[TASK]
Could you reproduce, exactly as written, every line from the one containing "the driver's own." through the last line of the records, and nothing else?

(Records from a collection)
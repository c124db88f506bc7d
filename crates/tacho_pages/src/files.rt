//! The page files: those of the folder pages/, of which build/pages.py makes this file.

ghost use Rattle.std.specs.Prelude.{◌≡◌, map};
ghost use Rattle.tacho_pages.specs.Pages.{path_and_type, paths_and_types};

use tacho_message::{PageFile, PageType};

/// The page files, in the order of their paths.
pub fn page_files() -> [PageFile; 30]
    ensures { map path_and_type result ≡ paths_and_types }
{
    [
        PageFile {
            path: "/driver/",
            kind: PageType::Html,
            text: driver(),
        },
        PageFile {
            path: "/driver/driver.js",
            kind: PageType::JavaScript,
            text: driver_driver_js(),
        },
        PageFile {
            path: "/driver/uploads",
            kind: PageType::Text,
            text: driver_uploads(),
        },
        PageFile {
            path: "/driver/words-de.js",
            kind: PageType::JavaScript,
            text: driver_words_de_js(),
        },
        PageFile {
            path: "/driver/words-en.js",
            kind: PageType::JavaScript,
            text: driver_words_en_js(),
        },
        PageFile {
            path: "/office/",
            kind: PageType::Html,
            text: office(),
        },
        PageFile {
            path: "/office/commands.js",
            kind: PageType::JavaScript,
            text: office_commands_js(),
        },
        PageFile {
            path: "/office/entries.js",
            kind: PageType::JavaScript,
            text: office_entries_js(),
        },
        PageFile {
            path: "/office/files.js",
            kind: PageType::JavaScript,
            text: office_files_js(),
        },
        PageFile {
            path: "/office/gaps.js",
            kind: PageType::JavaScript,
            text: office_gaps_js(),
        },
        PageFile {
            path: "/office/inspection.js",
            kind: PageType::JavaScript,
            text: office_inspection_js(),
        },
        PageFile {
            path: "/office/left.js",
            kind: PageType::JavaScript,
            text: office_left_js(),
        },
        PageFile {
            path: "/office/letter.js",
            kind: PageType::JavaScript,
            text: office_letter_js(),
        },
        PageFile {
            path: "/office/month.js",
            kind: PageType::JavaScript,
            text: office_month_js(),
        },
        PageFile {
            path: "/office/office.css",
            kind: PageType::Css,
            text: office_office_css(),
        },
        PageFile {
            path: "/office/office.js",
            kind: PageType::JavaScript,
            text: office_office_js(),
        },
        PageFile {
            path: "/office/overview.js",
            kind: PageType::JavaScript,
            text: office_overview_js(),
        },
        PageFile {
            path: "/office/people.js",
            kind: PageType::JavaScript,
            text: office_people_js(),
        },
        PageFile {
            path: "/office/start.js",
            kind: PageType::JavaScript,
            text: office_start_js(),
        },
        PageFile {
            path: "/office/words-de.js",
            kind: PageType::JavaScript,
            text: office_words_de_js(),
        },
        PageFile {
            path: "/office/words-en.js",
            kind: PageType::JavaScript,
            text: office_words_en_js(),
        },
        PageFile {
            path: "/shared/page.css",
            kind: PageType::Css,
            text: shared_page_css(),
        },
        PageFile {
            path: "/shared/page.js",
            kind: PageType::JavaScript,
            text: shared_page_js(),
        },
        PageFile {
            path: "/shared/parts.js",
            kind: PageType::JavaScript,
            text: shared_parts_js(),
        },
        PageFile {
            path: "/shared/read.js",
            kind: PageType::JavaScript,
            text: shared_read_js(),
        },
        PageFile {
            path: "/shared/say.js",
            kind: PageType::JavaScript,
            text: shared_say_js(),
        },
        PageFile {
            path: "/shared/tables.js",
            kind: PageType::JavaScript,
            text: shared_tables_js(),
        },
        PageFile {
            path: "/shared/time.js",
            kind: PageType::JavaScript,
            text: shared_time_js(),
        },
        PageFile {
            path: "/shared/words-de.js",
            kind: PageType::JavaScript,
            text: shared_words_de_js(),
        },
        PageFile {
            path: "/shared/words-en.js",
            kind: PageType::JavaScript,
            text: shared_words_en_js(),
        },
    ]
}

/// The text at `/driver/`.
fn driver() -> &'static str {
    "<!doctype html>
<html lang=\"en\">
<head>
<meta charset=\"utf-8\">
<meta name=\"viewport\" content=\"width=device-width, initial-scale=1\">
<title>Mansulip</title>
<!-- So that the browser asks for no icon. -->
<link rel=\"icon\" href=\"data:,\">
<link rel=\"stylesheet\" href=\"/shared/page.css\">
<!-- So that all modules are loaded at once. say.js is run first, since it loads the sentences. -->
<link rel=\"modulepreload\" href=\"/shared/page.js\">
<link rel=\"modulepreload\" href=\"/shared/parts.js\">
<link rel=\"modulepreload\" href=\"/shared/read.js\">
<link rel=\"modulepreload\" href=\"/shared/tables.js\">
<link rel=\"modulepreload\" href=\"/shared/time.js\">
<script type=\"module\" src=\"/shared/say.js\"></script>
<script type=\"module\" src=\"/driver/driver.js\"></script>
</head>
<!-- driver.js fills each element that has the attribute data-text with the sentence of that name. -->
<body class=\"driver\">
<header class=\"bar\">
  <span class=\"brand\" data-text=\"yourHours\">tacho</span>
  <div class=\"tools\">
    <select id=\"language\" class=\"small\"></select>
    <button type=\"button\" id=\"log-out\" class=\"small\" data-text=\"logOut\" hidden></button>
  </div>
</header>
<noscript><p>This page needs JavaScript. <span lang=\"de\">Diese Seite braucht JavaScript.</span></p></noscript>
<main>
  <div id=\"message\" role=\"alert\"></div>
  <form id=\"sign-in\" hidden>
    <h1 data-text=\"yourHours\"></h1>
    <div class=\"field\">
      <label for=\"key\" data-text=\"yourKey\"></label>
      <div class=\"row\">
        <input id=\"key\" type=\"password\" autocomplete=\"current-password\" required aria-describedby=\"key-help\">
        <button class=\"main\" data-text=\"showHours\"></button>
      </div>
      <p id=\"key-help\" class=\"note\" data-text=\"yourKeyHelp\"></p>
    </div>
  </form>
  <div id=\"hours\" hidden></div>
  <section id=\"upload\" class=\"no-print\" aria-labelledby=\"upload-head\" hidden>
    <h2 id=\"upload-head\" data-text=\"upload\"></h2>
    <div id=\"drop\" class=\"drop\">
      <label for=\"file\" data-text=\"cards\"></label>
      <input id=\"file\" type=\"file\" multiple>
      <p class=\"note\" data-text=\"dropHere\"></p>
    </div>
    <ul id=\"results\" class=\"list results\" aria-live=\"polite\"></ul>
  </section>
</main>
<footer>
  <p id=\"zone\" class=\"note\"></p>
  <p data-text=\"foot\"></p>
  <p id=\"program\"></p>
</footer>
<div id=\"busy\" role=\"status\"></div>
</body>
</html>
"
}

/// The text at `/driver/driver.js`.
fn driver_driver_js() -> &'static str {
    "// The driver's page: what is left first, then a month. It asks the archive with the driver's key, and shows the replies. The address after
// `#` is the month; without one it is the last month that has data.
import { $, KEY_FORM, Problem, bytes, forget, h, isAbort, keep, key, listed, reading, send, watch, written } from \"/shared/page.js\";
import { breachItem, chart, gapsPart, notExaminedBox, sheetTable, unseenOf } from \"/shared/parts.js\";
import { lengthOf, readAhead, readBreaches, readDebts, readEntries, readFiles, readGaps, readSheet, readSpans, readVersion, readWhy }
  from \"/shared/read.js\";
import { LANGUAGES, both, debtsPart, languageNow, monthName, ready, say, speak, undivided, utcDay } from \"/shared/say.js\";
import { meters } from \"/shared/tables.js\";
import { DAY, dateOf, localText, minuteOf, minutesOfLocal, monthOf, monthStep, nextMorning, now, offsetText, rangeOf, textOf, zone }
  from \"/shared/time.js\";

/** @import { Ahead, Breach, CardFile, Debt, Entry, Range, Sheet, ShownBreach, Span, Stretch } from \"/shared/read.js\" */
/** @import { Child } from \"/shared/page.js\" */
/**
 * All that the page shows of a month. `end` is the end of what is held, 0 where nothing is. `ahead` is null where there is no forecast.
 * @typedef {{month: string, sheet: Sheet, spans: Span[], gaps: Range[], stretches: Array<Stretch<Breach>>, why: ShownBreach[],
 *   debts: Array<Stretch<Debt>>, files: CardFile[], entries: Entry[], ahead: Ahead | null, end: number}} Month
 */
/** @typedef {{sentence: () => string, line: string, kind: string}} Result what became of a file that was sent */

const MONTH = /^20\\d\\d-(0[1-9]|1[0-2])$/;
const TRIES = 3;
/** From so many days between the last known hour and the start on, what is left isn't to be relied on, and isn't shown. */
const OLD = { doubtful: 2, useless: 4 };
/** How many breaches come before the chart. The others are folded up, so that the chart isn't far down on a phone. */
const FIRST_BREACHES = 2;
const LARGEST_FILE = 262144;

// `session` grows with each sign-in and log-out, so that what comes too late isn't shown. `asking` ends the requests for a month. `start`
// is the start that was chosen. A message makes its text, so that it changes with the language.
const state = {
  session: 0,
  /** @type {AbortController | null} */ asking: null,
  /** @type {Month | null} */ month: null,
  /** @type {number | null} */ start: null,
  /** @type {{text: () => string, isBad: boolean, again: boolean} | null} */ message: null,
  /** @type {Result[]} */ results: [],
  isSending: false,
  uploads: false,
  program: \"\",
};

/** What the state has of no driver. */
const NOBODY = { month: null, start: null, results: [], isSending: false, uploads: false, program: \"\" };

// Asking

/**
 * A reading of the driver's own.
 * @param {string} what
 * @param {AbortSignal} signal
 * @returns {Promise<string>}
 */
function own(what, signal) {
  return reading(`/me/${what}`, { signal, wait: tellWait });
}

/**
 * The end of what the driver holds, 0 where nothing is held.
 * @param {CardFile[]} files
 * @param {Entry[]} entries
 * @param {Array<Stretch<Breach>>} stretches
 * @returns {number}
 */
function endOf(files, entries, stretches) {
  const kept = entries.filter((entry) => entry.state === \"kept\");
  const last = /** @type {Stretch<Breach>} */ (stretches.at(-1));
  const examined = Math.max(last.horizon, last.to ?? 0);
  return Math.max(0, ...files.map((file) => file.past), ...kept.map((entry) => entry.past), examined > last.from ? examined : 0);
}

/**
 * The forecast from a start. Null where the archive has none for so late a minute.
 * @param {number} start
 * @param {AbortSignal} signal
 * @returns {Promise<Ahead | null>}
 */
async function aheadOf(start, signal) {
  try {
    return readAhead(await own(`ahead/${textOf(start).replace(\" \", \"/\")}`, signal));
  } catch (fault) {
    if (fault instanceof Problem && fault.name === \"otherReply\" && fault.values[1] === \"Z3 out of range\") {
      return null;
    }
    throw fault;
  }
}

[ANSWER FOR THIS EXERCISE]
 * A reading of the driver's own.
 * @param {string} what
 * @param {AbortSignal} signal
 * @returns {Promise<string>}
 */
function own(what, signal) {
  return reading(`/me/${what}`, { signal, wait: tellWait });
}

/**
 * The end of what the driver holds, 0 where nothing is held.
 * @param {CardFile[]} files
 * @param {Entry[]} entries
 * @param {Array<Stretch<Breach>>} stretches
 * @returns {number}
 */
function endOf(files, entries, stretches) {
  const kept = entries.filter((entry) => entry.state === \"kept\");
  const last = /** @type {Stretch<Breach>} */ (stretches.at(-1));
  const examined = Math.max(last.horizon, last.to ?? 0);
  return Math.max(0, ...files.map((file) => file.past), ...kept.map((entry) => entry.past), examined > last.from ? examined : 0);
}

/**
 * The forecast from a start. Null where the archive has none for so late a minute.
 * @param {number} start
 * @param {AbortSignal} signal
 * @returns {Promise<Ahead | null>}
 */
async function aheadOf(start, signal) {
  try {
    return readAhead(await own(`ahead/${textOf(start).replace(\" \", \"/\")}`, signal));
  } catch (fault) {
    if (fault instanceof Problem && fault.name === \"otherReply\" && fault.values[1] === \"Z3 out of range\") {
      return null;
    }
    throw fault;
  }
}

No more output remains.